Speakers
Description
In regenerative cryocoolers, the regenerator plays a pivotal role, and often represents the largest source of losses among all components. Traditional materials, such as stainless-steel mesh, exhibit insufficient heat capacity below 20K, which leads to a decrease in system efficiency. While materials like HoCu2 and Er3Ni offer higher volumetric heat capacity, they are typically fabricated into spherical forms, resulting in high flow resistance. In light of these limitations, this study investigated and compared three present alternative configurations through a numerical model of a Stirling cryocooler. The first approach involves coating stainless steel mesh with high heat capacity materials. Specifically, stainless steel mesh coated with HoCu2 and Er3Ni was examined. The results indicate that, around 20K, this configuration offers improved performance compared to HoCu2 spheres by reduced flow resistance.

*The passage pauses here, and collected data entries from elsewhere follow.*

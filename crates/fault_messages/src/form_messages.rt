//! A line with another number of words than its command takes, in words.
ghost use Rattle.std.specs.Prelude.{◌≡◌, ◌==◌, ◌++◌, map, OnOk};
ghost use Rattle.std.specs.List.{list_any};
ghost use Rattle.graph_script.specs.Lexical.{words_of};
ghost use Rattle.graph_script.specs.Printing.{spaced};
ghost use Rattle.graph_script.specs.Table.{label_word};
ghost use Rattle.fault_messages.specs.FormMessages.{form_text, takes_form, takes_none, takes_part, has_file, has_word, blank_part, comment_part, form_said};

use crate::lines::word_of;
use crate::putting::{put_both, put_quoted};
use graph_script::{Name, Param, label_word, name_called, params_of};
use pw_lists::{Memory, Text};

// What parameters are called, a space before each.
fn put_labels(text: &mut Text, params: &[Param]) -> Result<(), Memory>
    ensures { OnOk result
        (text.new ≡ text.old ++ spaced (map (λ p. label_word p.label) params.now)) }
{
    let mut rest = params;
    loop {
        match rest {
            [] => return Ok(()),
            [param, more @ ..] => {
                put_both(text, b" ", label_word(param.label))?;
                rest = more;
            }
        }
    }
}

// The form of a command, as `gain NAME G`; nothing where there is no command.
fn put_form_text(text: &mut Text, name: Option<Name>) -> Result<(), Memory>
    ensures { OnOk result (text.new ≡ text.old ++ form_text name) }
{
    match name {
        None => Ok(()),
        Some(name) => {
            text.extend(graph_script::word_of(name))?;
            put_labels(text, params_of(name))
        }
    }
}

// Whether it is a command without parameters.
fn takes_none(name: Option<Name>) -> bool
    ensures { result ≡ takes_none name }
{
    match name {
        None => false,
        Some(name) => params_of(name).is_empty(),
    }
}

// The words that a command takes, by its form.
#[tactic(auto, unfolding(crate::specs::FormMessages::takes_form))]
fn put_takes_form(text: &mut Text, name: Option<Name>) -> Result<(), Memory>
    ensures { OnOk result (text.new ≡ text.old ++ takes_form name) }
{
    text.extend(b" takes these words: ")?;
    put_form_text(text, name)
}

// What the command takes.
#[tactic(auto, unfolding(crate::specs::FormMessages::takes_part))]
fn put_takes(text: &mut Text, name: Option<Name>) -> Result<(), Memory>
    ensures { OnOk result (text.new ≡ text.old ++ takes_part name) }
{
    if takes_none(name) {
        text.extend(b" takes no words")
    } else {
        put_takes_form(text, name)
    }
}

// Whether a file is the second argument of the command.
fn has_file(name: &[u8]) -> bool
    ensures { result ≡ has_file name.now }
{
    name == b"source".as_slice() || name == b"sink".as_slice()
}

fn has_word(line: &[u8], place: u32) -> bool
    ensures { result ≡ has_word (words_of line.now) place }
{
    0 < word_of(line, place).len()
}

// That words have no blanks, where one may have been meant with blanks.
#[tactic(auto, unfolding(crate::specs::FormMessages::blank_part))]
fn blank_part(line: &[u8]) -> &'static [u8]
    ensures { result.now ≡ blank_part (words_of line.now) }
{
    let name = word_of(line, 0);
    if has_file(name) && has_word(line, 3) {
        b"; a file word has no blanks, and quotes mean nothing"
    } else if name == b"offer".as_slice() && has_word(line, 4) {
        b"; a file word has no blanks, and quotes mean nothing"
    } else if name == b"map".as_slice() && has_word(line, 4) {
        b"; LIST has no blanks"
    } else {
        b""
    }
}

// Whether a number sign is in the line.
fn has_number_sign(line: &[u8]) -> bool
    ensures { result ≡ list_any (λ b. b == 0x23) line.now }
{
    line.iter().any(|b| *b == b'#')
}

// That comments have lines of their own, where the line may end in one; or that words have no
// blanks.
fn comment_part(line: &[u8]) -> &'static [u8]
    ensures { result.now ≡ comment_part line.now }
{
    if has_number_sign(line) {
        b"; a comment is a line of its own"
    } else {
        blank_part(line)
    }
}

/// What the command of a line takes.
#[tactic(auto, unfolding(crate::specs::FormMessages::form_said))]
pub fn put_form(text: &mut Text, name: &[u8], line: &[u8]) -> Result<(), Memory>
    ensures { OnOk result (text.new ≡ text.old ++ form_said name.now line.now) }
{
    put_quoted(text, name)?;
    put_takes(text, name_called(name))?;
    text.extend(comment_part(line))
}
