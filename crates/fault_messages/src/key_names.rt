//! Names of the keys of formats.
ghost use Rattle.std.specs.Prelude.{◌≡◌, ◌++◌, decimal, option_copied, OnOk};
ghost use Rattle.fault_messages.specs.KeyNames.{key_name, key_part, common_name, clash_said, named_key};

use crate::putting::{put_between, put_number};
use pw_lists::{Memory, Text, append_decimal};

// The name of a key, if it has one here.
#[tactic(auto, unfolding(crate::specs::KeyNames::key_name))]
fn key_name(key: u32) -> Option<&'static [u8]>
    ensures { option_copied result ≡ key_name key }
{
    if key == 1 {
        Some(b"media type".as_slice())
    } else if key == 2 {
        Some(b"media subtype".as_slice())
    } else if key == 65537 {
        Some(b"sample format".as_slice())
    } else if key == 65538 {
        Some(b"flags".as_slice())
    } else if key == 65539 {
        Some(b"rate".as_slice())
    } else if key == 65540 {
        Some(b"channels".as_slice())
    } else if key == 65541 {
        Some(b"position".as_slice())
    } else {
        None
    }
}

/// The name of a key in a format after its number, in brackets; nothing where it has none.
pub fn put_key(text: &mut Text, key: u32) -> Result<(), Memory>
    ensures { OnOk result (text.new ≡ text.old ++ key_part key) }
{
    match key_name(key) {
        None => Ok(()),
        Some(name) => put_between(text, b" (a format's ", name, b")"),
    }
}

// What the values under a key are called.
fn common_name(key: u32) -> &'static [u8]
    ensures { result.now ≡ common_name (key_name key) }
{
    match key_name(key) {
        None => b"value",
        Some(name) => name,
    }
}

/// Words, and the number of a key.
pub fn put_key_number(text: &mut Text, before: &[u8], key: u32) -> Result<(), Memory>
    ensures { OnOk result (text.new ≡ text.old ++ (before.now ++ decimal key)) }
{
    text.extend(before)?;
    append_decimal(text, u64::from(key))
}

/// A key that a format does not have, by its name where it has one.
pub fn put_format_key(text: &mut Text, key: u32) -> Result<(), Memory>
    ensures { OnOk result (text.new ≡ text.old ++ named_key (key_name key) key) }
{
    match key_name(key) {
        None => put_key_number(text, b"key ", key),
        Some(name) => {
            text.extend(name)?;
            put_number(text, b" (key ", key, b")")
        }
    }
}

/// That two formats have nothing in common under a key.
#[tactic(auto, unfolding(crate::specs::KeyNames::clash_said))]
pub fn put_clash(text: &mut Text, key: u32) -> Result<(), Memory>
    ensures { OnOk result (text.new ≡ text.old ++ clash_said key) }
{
    text.extend(b"no common ")?;
    text.extend(common_name(key))?;
    put_number(text, b" (key ", key, b")")
}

However, the limited volume fraction of the coating material still limits the heat capacity. The second approach explores open-cavity structures, which can be filled with helium under oscillating flow. Simulations of stainless-steel capillaries reveal that the excessively large hydraulic diameters, due to manufacturing limitations, result in insufficient heat exchange area, which leads to poor performance. The third approach investigates the use of highly adsorptive materials, such as carbon nanotubes, to retain helium through physical adsorption. Compared to HoCu2 spheres, carbon nanotubes demonstrate comparable performance around 10K and exhibit further improvement as the temperature decreases, if not considering the thermal effect caused by adsorption and desorption. These numerical investigations effectively guide the search for better regenerator configurations for temperature below 20 K.